_Data records_
····················

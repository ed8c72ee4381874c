// System Operations: metered energy less TOR balance, by hour, interval and part.
ghost use Rattle.charges.specs.Charges.{system_operations};
ghost use Rattle.charges.specs.Running.{meter_figures};
ghost use Rattle.charges.specs.SystemOperationsFacts.{meter_figures_bounded, system_bounded};
ghost use Rattle.std.proofs.Common.{rules};

use crate::figures::Figures;
use crate::group::{ByHour, ByInterval, ByPart, Group};
use crate::rule::ChargeRule;
use crate::walk::total_of;
use sheet::kind::Kind;
use sheet::pair::Pair;
use sheet::row::Row;
use sheet::sheet::Sheet;

// Metered energy and TOR balance of one part, in kWh.
#[derive(Clone, Copy, Default)]
pub struct Meter {
    pub metered: i64,
    pub balance: i64,
}

impl Figures for Meter {
    ghost running = { meter_figures };

    ghost most = { 8000000 };

    ghost starts = { Prim.search rules };

    ghost low = { Prim.search rules };

    ghost bounded = { λ rs h. meter_figures_bounded rs h };

    fn add(&mut self, row: Row) {
        match row.kind() {
            Kind::MeteredEnergy => self.metered += i64::from(row.quantity),
            Kind::TorBalance => self.balance += i64::from(row.quantity),
            _ => {}
        }
    }

    fn total(&self) -> u64 {
        (self.metered - self.balance).unsigned_abs()
    }
}

type Meters = Group<Group<Group<Meter, ByPart>, ByInterval>, ByHour>;

#[derive(Clone, Copy, Default, PartialEq, Eq, Debug)]
pub struct SystemOperations;

impl ChargeRule for SystemOperations {
    ghost code = { λ x. 1 };

    ghost quantity = { λ x. system_operations };

    ghost code_low = { Prim.search rules };

    ghost bounded = { λ x. system_bounded };

    fn tell_code(&self) -> u8 {
        1
    }

    fn tell_quantity(&self, sheet: Sheet<'_>, pair: Pair) -> u64 {
        100 * total_of::<Meters>(sheet, pair)
    }
}
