// Market Services: the energy of each hour's intervals, less its TOR balance, and its awards.
ghost use Rattle.charges.specs.Charges.{market_services};
ghost use Rattle.charges.specs.Running.{balance_figures, energy_figures, hour_figures};
ghost use Rattle.charges.specs.MarketServicesFacts.{energy_figures_bounded, balance_figures_bounded, hour_figures_bounded, energy_and_awards_under, market_bounded_by};
ghost use Rattle.std.proofs.Common.{rules};

use crate::figures::Figures;
use crate::group::{ByHour, ByInterval, Group};
use crate::rule::ChargeRule;
use crate::walk::total_of;
use sheet::kind::Kind;
use sheet::pair::Pair;
use sheet::row::Row;
use sheet::sheet::Sheet;

// Net energy of an interval, in kWh.
#[derive(Clone, Copy, Default)]
pub struct IntervalEnergy {
    pub day_ahead: i64,
    pub hasp: i64,
    pub real_time: i64,
}

// Net TOR balance of an interval, in kWh.
#[derive(Clone, Copy, Default)]
pub struct IntervalBalance {
    pub net: i64,
}

// The hour's energy and balance by interval, and its awards.
#[derive(Drop, Default)]
pub struct HourEnergy {
    pub energy: Group<IntervalEnergy, ByInterval>,
    pub balance: Group<IntervalBalance, ByInterval>,
    pub awards: u64,
}

impl Figures for IntervalEnergy {
    ghost running = { energy_figures };

    ghost most = { 4000000 };

    ghost starts = { Prim.search rules };

    ghost low = { Prim.search rules };

    ghost bounded = { λ rs h. energy_figures_bounded rs h };

    fn add(&mut self, row: Row) {
        match row.kind() {
            Kind::DayAheadEnergy => self.day_ahead += i64::from(row.quantity),
            Kind::HaspEnergy => self.hasp += i64::from(row.quantity),
            Kind::OptimalEnergy
            | Kind::RerateEnergy
            | Kind::MinimumLoadEnergy
            | Kind::SelfScheduleEnergy
            | Kind::PumpingEnergy => self.real_time += i64::from(row.quantity),
            _ => {}
        }
    }

    fn total(&self) -> u64 {
        self.day_ahead.unsigned_abs() + self.hasp.unsigned_abs() + self.real_time.unsigned_abs()
    }
}

impl Figures for IntervalBalance {
    ghost running = { balance_figures };

    ghost most = { 4000000 };

    ghost starts = { Prim.search rules };

    ghost low = { Prim.search rules };

    ghost bounded = { λ rs h. balance_figures_bounded rs h };

    fn add(&mut self, row: Row) {
        if row.kind() == Kind::TorBalance {
            self.net += i64::from(row.quantity);
        }
    }

    fn total(&self) -> u64 {
        self.net.unsigned_abs()
    }
}

impl Figures for HourEnergy {
    ghost running = { hour_figures };

    ghost most = { 8000000 };

    ghost starts = { Prim.search rules };

    ghost low = { Prim.search rules };

    ghost bounded = { λ rs h. hour_figures_bounded rs h };

    fn add(&mut self, row: Row) {
        self.energy.add(row);
        self.balance.add(row);
        if matches!(row.kind(), Kind::VirtualAward | Kind::AncillaryAward) {
            self.awards += u64::from(row.quantity.unsigned_abs());
        }
    }

    fn total(&self) -> u64 {
        self.energy.total().saturating_sub(self.balance.total()) + self.awards
    }
}

#[derive(Clone, Copy, Default, PartialEq, Eq, Debug)]
pub struct MarketServices;

impl ChargeRule for MarketServices {
    ghost code = { λ x. 0 };

    ghost quantity = { λ x. market_services };

    ghost code_low = { Prim.search rules };

    ghost bounded = { λ x. market_bounded_by energy_and_awards_under };

    fn tell_code(&self) -> u8 {
        0
    }

    fn tell_quantity(&self, sheet: Sheet<'_>, pair: Pair) -> u64 {
        100 * total_of::<Group<HourEnergy, ByHour>>(sheet, pair)
    }
}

····················

_Task objective_
Only lines containing the string "Rattle" belong in the answer; find them in the data above and copy them.

_Output for this exercise_
ghost use Rattle.charges.specs.Charges.{system_operations};
ghost use Rattle.charges.specs.Running.{meter_figures};
ghost use Rattle.charges.specs.SystemOperationsFacts.{meter_figures_bounded, system_bounded};
ghost use Rattle.std.proofs.Common.{rules};
ghost use Rattle.charges.specs.Charges.{market_services};
ghost use Rattle.charges.specs.Running.{balance_figures, energy_figures, hour_figures};
ghost use Rattle.charges.specs.MarketServicesFacts.{energy_figures_bounded, balance_figures_bounded, hour_figures_bounded, energy_and_awards_under, market_bounded_by};
ghost use Rattle.std.proofs.Common.{rules};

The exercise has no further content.